//! A pool service: three workers answer jobs, two at a time at most, until no client is left.
ghost use Rattle.futures_intrusive.specs.Blanks.{IsLockBlank, IsPermitBlank};

mod client;
mod worker;

use crate::runtime::Runtime;
use futures_intrusive::Fault;
use futures_intrusive::channel::shared::channel;
use futures_intrusive::sync::{Mutex, Semaphore};
use std::sync::ledger::{Blank, Ledger};
use std::{io, thread};

/// Three workers, and a client, who leaves at last: the sum of the answers.
fn run_all<'a, R: Runtime, L: Ledger + Send + Sync, K: Ledger + Send + Sync>(
    rt: &'a R,
    permits: &'a Semaphore<R, L>,
    done: &'a Mutex<u64, R, K>,
) -> Result<u64, Fault> {
    let (sender, jobs) = channel::<u32, R>(rt.alloc(), *rt, 2)?;
    let (answers, receiver) = channel::<u64, R>(rt.alloc(), *rt, 12)?;
    thread::scope(thread::scope_env(), rt, |scope| {
        for _ in 0..3 {
            if let (Ok(jobs), Ok(answers)) = (jobs.clone(), answers.clone()) {
                let _ = scope.spawn(move || worker::work(rt, permits, done, jobs, answers));
            }
        }
        drop((jobs, answers));
        Ok(client::ask(sender, receiver))
    })
}

/// Serves one client, and prints what was done.
pub fn serve<R: Runtime, L: Ledger + Send + Sync, K: Ledger + Send + Sync>(
    rt: R,
    permits: Blank,
    lock: Blank,
) -> io::Result<()>
    requires permits { IsPermitBlank L.Ledger permits }
    requires lock { IsLockBlank K.Ledger lock }
{
    let permits = Semaphore::<R, L>::new(rt.alloc(), rt, permits, true, 2);
    let done = Mutex::<u64, R, K>::new(rt.alloc(), rt, lock, 0, true);
    let sum = run_all(&rt, &permits, &done)?;
    let done = done.into_inner().unwrap_or(0);
    println!(rt; "pool service: {done} jobs were done; the sum of the answers is {sum}")
}
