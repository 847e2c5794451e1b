//! A rate limiter: two requests in each period of ten milliseconds. A request uses up a permit, and a timer gives the next two.
ghost use Rattle.futures_intrusive.specs.Blanks.{IsPermitBlank};

use crate::runtime::Runtime;
use futures_intrusive::Fault;
use futures_intrusive::blocking::wait_for;
use futures_intrusive::sync::Semaphore;
use futures_intrusive::timer::{MockClock, TimerService};
use std::sync::Arc;
use std::sync::ledger::{Blank, Ledger};
use std::{io, thread};

/// A timer whose clock is set by hand, so that the program does the same each time.
type Timer<R> = TimerService<Arc<MockClock>, R>;

/// Gives two permits at the end of each period.
fn refill<R: Runtime, L: Ledger>(
    rt: &R,
    timer: &Timer<R>,
    permits: &Semaphore<R, L>,
) -> Result<(), Fault> {
    for end in [10, 20] {
        wait_for(rt, timer.deadline(end)?)??;
        permits.release(2)?;
    }
    Ok(())
}

/// Makes requests for as long as there are permits, and counts them; then the period ends.
fn request<R: Runtime, L: Ledger>(
    rt: &R,
    clock: &MockClock,
    timer: &Timer<R>,
    permits: &Semaphore<R, L>,
) -> io::Result<()> {
    for end in [10, 20, 30] {
        permits.acquire_blocking(1)?.disarm();
        permits.acquire_blocking(1)?.disarm();
        let is_served = permits.try_acquire(1).is_some();
        println!(rt; "limiter: before {end} ms two requests were served, a third: {is_served}")?;
        clock.set_time(end);
        timer.check_expirations();
    }
    Ok(())
}

/// A client, and who refills.
pub fn limit<R: Runtime, L: Ledger + Send + Sync>(rt: R, blank: Blank) -> io::Result<()>
    requires blank { IsPermitBlank L.Ledger blank }
{
    let clock = Arc::new(rt.alloc(), MockClock::new())?;
    let timer = TimerService::new(rt.alloc(), rt, Arc::try_clone(&clock)?);
    let permits = Semaphore::<R, L>::new(rt.alloc(), rt, blank, true, 2);
    let refills = || refill(&rt, &timer, &permits);
    let requests = || request(&rt, &clock, &timer, &permits);
    let (refilled, requested) = thread::join(&rt, refills, requests);
    refilled?;
    requested
}
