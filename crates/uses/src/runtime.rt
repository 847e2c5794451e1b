//! What the programs ask of the runtime that `main` is given.

use futures_intrusive::blocking::Blocking;
use std::thread::Threads;
use std::time::Clock;

/// A runtime that blocks, starts threads, has a clock, prints, and is copied to where it is used.
pub trait Runtime: Blocking + Threads + Clock + Print + Copy + Drop + Send + Sync {}

impl<R: Blocking + Threads + Clock + Print + Copy + Drop + Send + Sync> Runtime for R {}
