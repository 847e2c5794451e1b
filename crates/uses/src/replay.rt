//! Three threads use a semaphore at a desk, which records each call. The record is then played again, on one thread.
ghost use Rattle.std.specs.Prelude.{◌≡◌};

use crate::runtime::Runtime;
use futures_intrusive::Fault;
use futures_intrusive::run::{Answer, Desk, Primitive, Seat, SemaphoreCall, Settled, run};
use futures_intrusive::sync::SemaphoreState;
use std::alloc::Global;
use std::sync::ledger::{Blank, Ledger};
use std::{io, thread};

/// A semaphore whose wakers are numbers.
type Permits = SemaphoreState<u64>;

/// Makes six calls: thrice takes a permit and gives it back, or asks for their number where there is none to take.
fn work<R: Runtime, L: Ledger>(
    desk: &Desk<Permits, R, L>,
    mut seat: Seat<Permits, L>,
) -> Result<Seat<Permits, L>, Fault> {
    for _ in 0..3 {
        let next = match desk.call(&mut seat, SemaphoreCall::TryAcquire(1))?.answer() {
            Answer::Done => SemaphoreCall::GiveBack(1),
            _ => SemaphoreCall::Permits,
        };
        desk.call(&mut seat, next)?;
    }
    Ok(seat)
}

/// Plays a record again: how many calls were answered as they had been.
fn play(alloc: Global, record: &Settled<Permits>) -> io::Result<u64> {
    let mut calls = Vec::new(alloc);
    for entry in record.history.iter() {
        calls.push(entry.call)?;
    }
    let mut permits = Permits::open(alloc, record.opening)?;
    let mut answers = Vec::new(alloc);
    run(&mut permits, calls, &mut answers)?;
    let mut same = 0u64;
    for (entry, answer) in record.history.iter().zip(answers.iter()) {
        if entry.answer == *answer {
            same = same.wrapping_add(1);
        }
    }
    Ok(same)
}

/// Records three threads, and plays the record again.
pub fn record<R: Runtime, L: Ledger + Send + Sync>(rt: R, blank: Blank) -> io::Result<()>
    requires name { blank.name ≡ L.name }
    requires parts { blank.parts ≡ L.parts }
    requires count { blank.parts ≡ 3 }
{
    let desk = Desk::<Permits, R, L>::new(rt.alloc(), rt, blank, (2, true), 3)?;
    let (first, second, third) = (desk.seat()?, desk.seat()?, desk.seat()?);
    let others = || thread::join(&rt, || work(&desk, second), || work(&desk, third));
    let (first, (second, third)) = thread::join(&rt, || work(&desk, first), others);
    let seats = vec![in rt.alloc(); first?, second?, third?]?;
    let Ok(settled) = desk.settle(seats) else {
        return println!(rt; "replay: a call is not in the record");
    };
    let same = play(rt.alloc(), &settled)?;
    println!(rt; "replay: {same} calls were answered as they had been")
}
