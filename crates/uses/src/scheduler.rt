//! Jobs run when their moments have come, whatever the order in which they were announced.

use crate::runtime::Runtime;
use futures_intrusive::Fault;
use futures_intrusive::blocking::wait_for;
use futures_intrusive::channel::Channel;
use futures_intrusive::timer::{MockClock, TimerService};
use std::sync::Arc;
use std::{io, thread};

/// Waits for the job's moment, and reports the job.
fn run<R: Runtime>(
    rt: &R,
    timer: &TimerService<Arc<MockClock>, R>,
    (job, due): (u64, u64),
    done: &Channel<u64, 1, R>,
) -> Result<(), Fault> {
    wait_for(rt, timer.deadline(due)?)??;
    let _ = done.send_blocking(job);
    Ok(())
}

/// Three jobs, each in a thread of its own, and the time, which goes from one moment to the next.
fn run_all<'a, R: Runtime>(
    rt: &'a R,
    clock: &'a MockClock,
    timer: &'a TimerService<Arc<MockClock>, R>,
    done: &'a Channel<u64, 1, R>,
) -> io::Result<()> {
    thread::scope(thread::scope_env(), rt, |scope| {
        for planned in [(1, 50), (2, 20), (3, 30)] {
            let job = move || {
                if run(rt, timer, planned, done).is_err() {
                    done.close();
                }
            };
            let _ = scope.spawn(job);
        }
        for moment in [20u64, 30, 50] {
            clock.set_time(moment);
            timer.check_expirations();
            if let Some(job) = done.receive_blocking()? {
                println!(*rt; "scheduler: job {job} ran at {moment} ms")?;
            }
        }
        Ok(())
    })
}

/// Runs three jobs. The clock is set by hand, so that they do the same each time.
pub fn schedule<R: Runtime>(rt: R) -> io::Result<()> {
    let clock = Arc::new(rt.alloc(), MockClock::new())?;
    let timer = TimerService::new(rt.alloc(), rt, Arc::try_clone(&clock)?);
    let done = Channel::new(rt.alloc(), rt);
    run_all(&rt, &clock, &timer, &done)
}
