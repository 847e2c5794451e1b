//! What the primitives are for: seven programs as their users would write them. What they print does not depend on which thread runs when.
#![tactic(auto)]

mod connection_pool;
mod database;
mod limiter;
mod pool_service;
mod replay;
mod runtime;
mod scheduler;
mod watcher;

use std::io;
use std::marker::Brand;
use std::sync::ledger::Blank;

fn main(rt: HostRuntime) -> io::Result<()> {
    pool_service::serve::<HostRuntime, Brand, Brand>(rt, Blank::new(u64::MAX), Blank::new(1))?;
    limiter::limit::<HostRuntime, Brand>(rt, Blank::new(u64::MAX))?;
    watcher::watch(rt)?;
    scheduler::schedule(rt)?;
    connection_pool::share(rt)?;
    database::connect::<HostRuntime, Brand>(rt, Blank::new(u64::MAX))?;
    replay::record::<HostRuntime, Brand>(rt, Blank::new(3))
}
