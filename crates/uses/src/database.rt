//! A pool of connections as a database client has it: who waits too long gives up, a broken connection is replaced, and who waits when the
//! pool is closed is told so.
ghost use Rattle.futures_intrusive.specs.Blanks.{IsPermitBlank};

use crate::runtime::Runtime;
use futures_intrusive::Fault;
use futures_intrusive::sync::{Semaphore, SemaphoreReleaser};
use futures_intrusive::timer::{StdClock, TimerService};
use std::sync::ledger::{Blank, Ledger};
use std::time::Duration;
use std::{io, thread};

/// Permits for two connections. A connection is its permit.
#[derive(Drop)]
struct Pool<'a, R, L: Ledger> {
    permits: &'a Semaphore<R, L>,
    timer: &'a TimerService<StdClock<R>, R>,
}

impl<'a, R: Runtime, L: Ledger> Pool<'a, R, L> {
    /// Takes a connection, and waits for one so long at most. Who gives up leaves the queue, so the next is not kept waiting.
    fn acquire(&self, limit: Duration) -> Result<Option<SemaphoreReleaser<'a, R, L>>, Fault> {
        let mut acquire = self.permits.acquire(1)?;
        match self.timer.wait_at_most(limit, &mut acquire)? {
            Some(permit) => Ok(Some(permit?)),
            None => Ok(None),
        }
    }
}

/// What is said of an acquire.
fn told<C: Drop>(acquired: Result<Option<C>, Fault>) -> &'static str {
    match acquired {
        Ok(Some(_connection)) => "has a connection",
        Ok(None) => "gave up",
        Err(Fault::Closed) => "found the pool closed",
        Err(_) => "had no memory",
    }
}

/// Three requests: the third gives up, since two connections are in use.
fn ask_for_three<R: Runtime, L: Ledger>(rt: &R, pool: &Pool<R, L>) -> io::Result<()> {
    let first = pool.acquire(Duration::from_secs(60));
    let second = pool.acquire(Duration::from_secs(60));
    let third = told(pool.acquire(Duration::from_millis(1)));
    println!(*rt; "database: two connections are in use; the third request {third}")?;
    // The first connection is broken: its permit is used up, until there is another connection.
    if let Ok(Some(mut permit)) = first {
        permit.disarm();
    }
    drop(second);
    println!(*rt; "database: one is broken; free: {}", pool.permits.permits())?;
    pool.permits.release(1)?;
    println!(*rt;
        "database: it was replaced; free: {}",
        pool.permits.permits()
    )
}

/// Both connections are in use and another request waits, when the pool is closed.
fn close_while_one_waits<R: Runtime, L: Ledger + Send + Sync>(
    rt: &R,
    pool: &Pool<R, L>,
) -> io::Result<()> {
    let _both = pool.permits.acquire_blocking(2)?;
    let wait = || told(pool.acquire(Duration::from_secs(60)));
    let close = || pool.permits.close();
    let (waited, _) = thread::join(rt, wait, close);
    println!(*rt; "database: the request that waited {waited}")
}

/// A client of a pool of two connections.
pub fn connect<R: Runtime, L: Ledger + Send + Sync>(rt: R, blank: Blank) -> io::Result<()>
    requires blank { IsPermitBlank L.Ledger blank }
{
    let permits = Semaphore::<R, L>::new(rt.alloc(), rt, blank, true, 2);
    let timer = TimerService::new(rt.alloc(), rt, StdClock::new(rt)?);
    timer.while_running(&rt, |timer| {
        let pool = Pool {
            permits: &permits,
            timer,
        };
        ask_for_three(&rt, &pool)?;
        close_while_one_waits(&rt, &pool)
    })?
}
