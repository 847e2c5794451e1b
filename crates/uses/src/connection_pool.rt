//! Four clients share two connections, which wait in a channel while nobody uses them.

use crate::runtime::Runtime;
use futures_intrusive::channel::Channel;
use std::{io, thread};

/// A connection to a server, and how often it was used.
#[derive(Drop)]
struct Connection {
    uses: u64,
}

/// The connections that nobody uses.
type Pool<R> = Channel<Connection, 2, R>;

/// One request: takes a connection, waits for one if need be, and gives it back.
fn request<R: Runtime>(pool: &Pool<R>) {
    if let Ok(Some(mut connection)) = pool.receive_blocking() {
        connection.uses = connection.uses.wrapping_add(1);
        let _ = pool.try_send(connection);
    }
}

/// Four clients, with 25 requests each.
fn serve_clients<R: Runtime>(rt: &R, pool: &Pool<R>) {
    thread::scope(thread::scope_env(), rt, |scope| {
        for _ in 0..4 {
            let _ = scope.spawn(move || {
                for _ in 0..25 {
                    request(pool);
                }
            });
        }
    });
}

/// Serves all requests, and prints how often the connections were used.
pub fn share<R: Runtime>(rt: R) -> io::Result<()> {
    let pool = Pool::new(rt.alloc(), rt);
    for _ in 0..2 {
        let _ = pool.try_send(Connection { uses: 0 });
    }
    serve_clients(&rt, &pool);
    pool.close();
    let mut uses = 0u64;
    for _ in 0..2 {
        if let Some(connection) = pool.receive_blocking()? {
            uses = uses.wrapping_add(connection.uses);
        }
    }
    println!(rt; "connection pool: two connections were used {uses} times")
}
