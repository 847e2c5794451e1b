//! Two parts of a program follow its configuration: each sees the newest settings, and none that were overtaken.

use crate::runtime::Runtime;
use futures_intrusive::Fault;
use futures_intrusive::channel::shared::{StateReceiver, StateSender, state_broadcast_channel};
use std::{io, thread};

/// The settings of a server.
#[derive(Clone, Copy, Drop)]
struct Settings {
    port: u16,
    connections: u32,
}

/// Follows the settings until nobody will change them any more, and answers the last ones.
fn follow<R: Runtime>(
    rt: &R,
    settings: StateReceiver<Settings, R>,
) -> Result<Option<Settings>, Fault> {
    let (mut reader, mut newest) = (settings.into_reader(), None);
    for _ in rt.forever() {
        let Some(settings) = reader.next_blocking()? else {
            break;
        };
        newest = Some(settings);
    }
    Ok(newest)
}

/// Changes the settings ten times, and lets go of them.
fn change<R: Runtime>(settings: StateSender<Settings, R>) {
    for connections in 1..11 {
        let _ = settings.send(Settings {
            port: 8080,
            connections,
        });
    }
}

/// Two who follow the settings, and one who changes them.
pub fn watch<R: Runtime>(rt: R) -> io::Result<()> {
    let (sender, server) = state_broadcast_channel(rt.alloc(), rt)?;
    let log = server.clone()?;
    let follows = || thread::join(&rt, move || follow(&rt, server), move || follow(&rt, log));
    let ((server, log), ()) = thread::join(&rt, follows, move || change(sender));
    if let (Some(server), Some(log)) = (server?, log?) {
        println!(rt;
            "watcher: the server has port {} and {} connections",
            server.port, server.connections
        )?;
        println!(rt;
            "watcher: the log has port {} and {} connections",
            log.port, log.connections
        )?;
    }
    Ok(())
}
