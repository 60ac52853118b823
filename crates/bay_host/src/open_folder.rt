ghost use Rattle.std.specs.Prelude.{◌≤◌, length, IfOk, IfSome};

use crate::folder::{
    folder_ending, folder_of, has_file, joined, list_files, make_folder, sync_at, sync_below,
};
use bay_core::FileInfo;
use std::alloc::{AllocError, Global};
use std::collections::BTreeSet;
use std::fs::{File, Files, OpenOptions};
use std::io::{Error, ErrorKind};
use std::os::unix::fs::FileExt;
use std::{fs, io};

// What a file was opened for.
#[derive(Clone, Copy, PartialEq, Eq)]
enum Mode {
    Read,
    Write,
}

// An open file, with its path below the folder.
#[derive(Drop)]
struct OpenFile {
    path: String,
    mode: Mode,
    file: File,
}

/// A folder of the system, with the file that was used last, which stays open, and the paths of
/// the files and folders that changed since the last barrier.
#[derive(Drop)]
pub struct OpenFolder {
    root: String,
    open: Option<OpenFile>,
    changed: BTreeSet<String>,
}

// Opens a file to read. `None` where there is no such file.
fn open_to_read<R: Files<File = File> + AllocGlobal>(
    rt: &R,
    root: &str,
    path: &str,
) -> io::Result<Option<OpenFile>> {
    if !has_file(rt, root, path)? {
        return Ok(None);
    }
    let alloc = rt.alloc();
    Ok(Some(OpenFile {
        path: path.to_owned(alloc)?,
        mode: Mode::Read,
        file: fs::open(rt, joined(alloc, root, path)?.as_str())?,
    }))
}

// Writes a piece. The system fills what lies between the end and `at` with zeros, but for no bytes
// it does nothing.
fn write_piece(file: &File, at: u64, bytes: &[u8]) -> io::Result<()> {
    if !bytes.is_empty() {
        return file.write_all_at(bytes, at);
    }
    if file.metadata()?.len() < at {
        file.set_len(at)?;
    }
    Ok(())
}

impl OpenFolder {
    /// The folder at a place, if there is one.
    pub fn at<R: Files + AllocGlobal>(rt: &R, place: &str) -> io::Result<OpenFolder> {
        if !fs::metadata(rt, place)?.is_dir() {
            return Err(Error::from(ErrorKind::NotADirectory));
        }
        let alloc = rt.alloc();
        Ok(OpenFolder {
            root: place.to_owned(alloc)?,
            open: None,
            changed: BTreeSet::new(alloc),
        })
    }

    /// Makes sure of all that is in the folder, whoever changed it.
    pub fn sync_whole<R: Files<File = File> + AllocGlobal + Clone + Drop>(
        &self,
        rt: &R,
    ) -> io::Result<()> {
        sync_below(rt, &self.root)
    }

    /// Every file below the folder.
    pub fn list<R: Files + AllocGlobal + Clone + Drop>(
        &self,
        rt: &R,
        alloc: Global,
    ) -> io::Result<Vec<FileInfo>> {
        list_files(rt, alloc, &self.root)
    }

    // The open file is this one, opened for this.
    fn is_open(&self, path: &str, mode: Mode) -> bool {
        match &self.open {
            Some(open) => open.mode == mode && open.path.as_str() == path,
            None => false,
        }
    }

    /// Reads at a place. `None` where there is no such file.
    pub fn read<R: Files<File = File> + AllocGlobal>(
        &mut self,
        rt: &R,
        path: &str,
        at: u64,
        into: &mut [u8],
    ) -> io::Result<Option<usize>>
        ensures { IfOk result (λ got. IfSome got (λ n. n ≤ length into.new)) }
    {
        if !self.is_open(path, Mode::Read) {
            self.open = open_to_read(rt, &self.root, path)?;
        }
        match &self.open {
            Some(open) => Ok(Some(open.file.read_at(into, at)?)),
            None => Ok(None),
        }
    }

    /// Reads at a place of a file that must be there.
    pub fn read_present<R: Files<File = File> + AllocGlobal>(
        &mut self,
        rt: &R,
        path: &str,
        at: u64,
        into: &mut [u8],
    ) -> io::Result<usize>
        ensures { IfOk result (λ n. n ≤ length into.new) }
    {
        match self.read(rt, path, at, into)? {
            Some(n) => Ok(n),
            None => Err(Error::from(ErrorKind::NotFound)),
        }
    }

    // Notes that a file or a folder changes.
    fn note(&mut self, alloc: Global, path: &str) -> Result<(), AllocError> {
        if !self.changed.contains(path) {
            self.changed.insert(path.to_owned(alloc)?)?;
        }
        Ok(())
    }

    // Makes one folder of a path, where a slash stands at `end`, and notes it.
    fn make_ancestor<R: Files + AllocGlobal>(
        &mut self,
        rt: &R,
        path: &str,
        end: usize,
    ) -> io::Result<()> {
        let Some(folder) = folder_ending(path, end) else {
            return Ok(());
        };
        let alloc = rt.alloc();
        self.note(alloc, folder)?;
        make_folder(rt, &joined(alloc, &self.root, folder)?)
    }

    // Makes the folders that a path stands in, and notes them up to the folder itself, which must
    // be there.
    fn make_folders<R: Files + AllocGlobal>(&mut self, rt: &R, path: &str) -> io::Result<()> {
        self.note(rt.alloc(), "")?;
        for end in 0..path.len() {
            self.make_ancestor(rt, path, end)?;
        }
        Ok(())
    }

    // Opens a file to write. One that is not there is made with its folders, and is not opened if
    // something came to stand at its path meanwhile.
    fn open_to_write<R: Files<File = File> + AllocGlobal>(
        &mut self,
        rt: &R,
        path: &str,
        is_there: bool,
    ) -> io::Result<OpenFile> {
        if !is_there {
            self.make_folders(rt, path)?;
        }
        let alloc = rt.alloc();
        let full = joined(alloc, &self.root, path)?;
        let file = OpenOptions::new()
            .write(true)
            .create_new(!is_there)
            .open(rt, full.as_str())?;
        Ok(OpenFile {
            path: path.to_owned(alloc)?,
            mode: Mode::Write,
            file,
        })
    }

    /// Writes a piece. Makes the file and its folders where they are absent.
    pub fn write<R: Files<File = File> + AllocGlobal>(
        &mut self,
        rt: &R,
        path: &str,
        at: u64,
        bytes: &[u8],
    ) -> io::Result<()> {
        let is_open = self.is_open(path, Mode::Write);
        let is_there = is_open || has_file(rt, &self.root, path)?;
        self.note(rt.alloc(), path)?;
        if !is_open {
            self.open = Some(self.open_to_write(rt, path, is_there)?);
        }
        match &self.open {
            Some(open) => write_piece(&open.file, at, bytes),
            None => Err(Error::from(ErrorKind::NotFound)),
        }
    }

    /// Makes sure of all that changed since the last time that this answered Ok.
    pub fn sync<R: Files<File = File> + AllocGlobal>(&mut self, rt: &R) -> io::Result<()> {
        for path in &self.changed {
            sync_at(rt, &self.root, path)?;
        }
        self.changed.clear();
        Ok(())
    }

    /// Renames a file that is there, over the file that is at `to`, if one is.
    pub fn rename<R: Files + AllocGlobal>(
        &mut self,
        rt: &R,
        from: &str,
        to: &str,
    ) -> io::Result<()> {
        self.open = None;
        if !has_file(rt, &self.root, from)? {
            return Err(Error::from(ErrorKind::NotFound));
        }
        let _ = has_file(rt, &self.root, to)?;
        let alloc = rt.alloc();
        let source = joined(alloc, &self.root, from)?;
        let target = joined(alloc, &self.root, to)?;
        self.note(alloc, folder_of(from))?;
        self.note(alloc, to)?;
        self.make_folders(rt, to)?;
        fs::rename(rt, source.as_str(), target.as_str())?;
        if from != to {
            self.changed.remove(from);
        }
        Ok(())
    }

    /// Removes a file. Where nothing stands at its path, nothing changes.
    pub fn remove<R: Files + AllocGlobal>(&mut self, rt: &R, path: &str) -> io::Result<()> {
        self.open = None;
        if !has_file(rt, &self.root, path)? {
            return Ok(());
        }
        let alloc = rt.alloc();
        let full = joined(alloc, &self.root, path)?;
        self.note(alloc, folder_of(path))?;
        fs::remove_file(rt, full.as_str())?;
        self.changed.remove(path);
        Ok(())
    }
}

**PROBLEM STATEMENT:**
Show all lines above holding the word "StateSender".

**SOLUTION TO THIS EXERCISE:**
use futures_intrusive::channel::shared::{StateReceiver, StateSender, state_broadcast_channel};
fn change<R: Runtime>(settings: StateSender<Settings, R>) {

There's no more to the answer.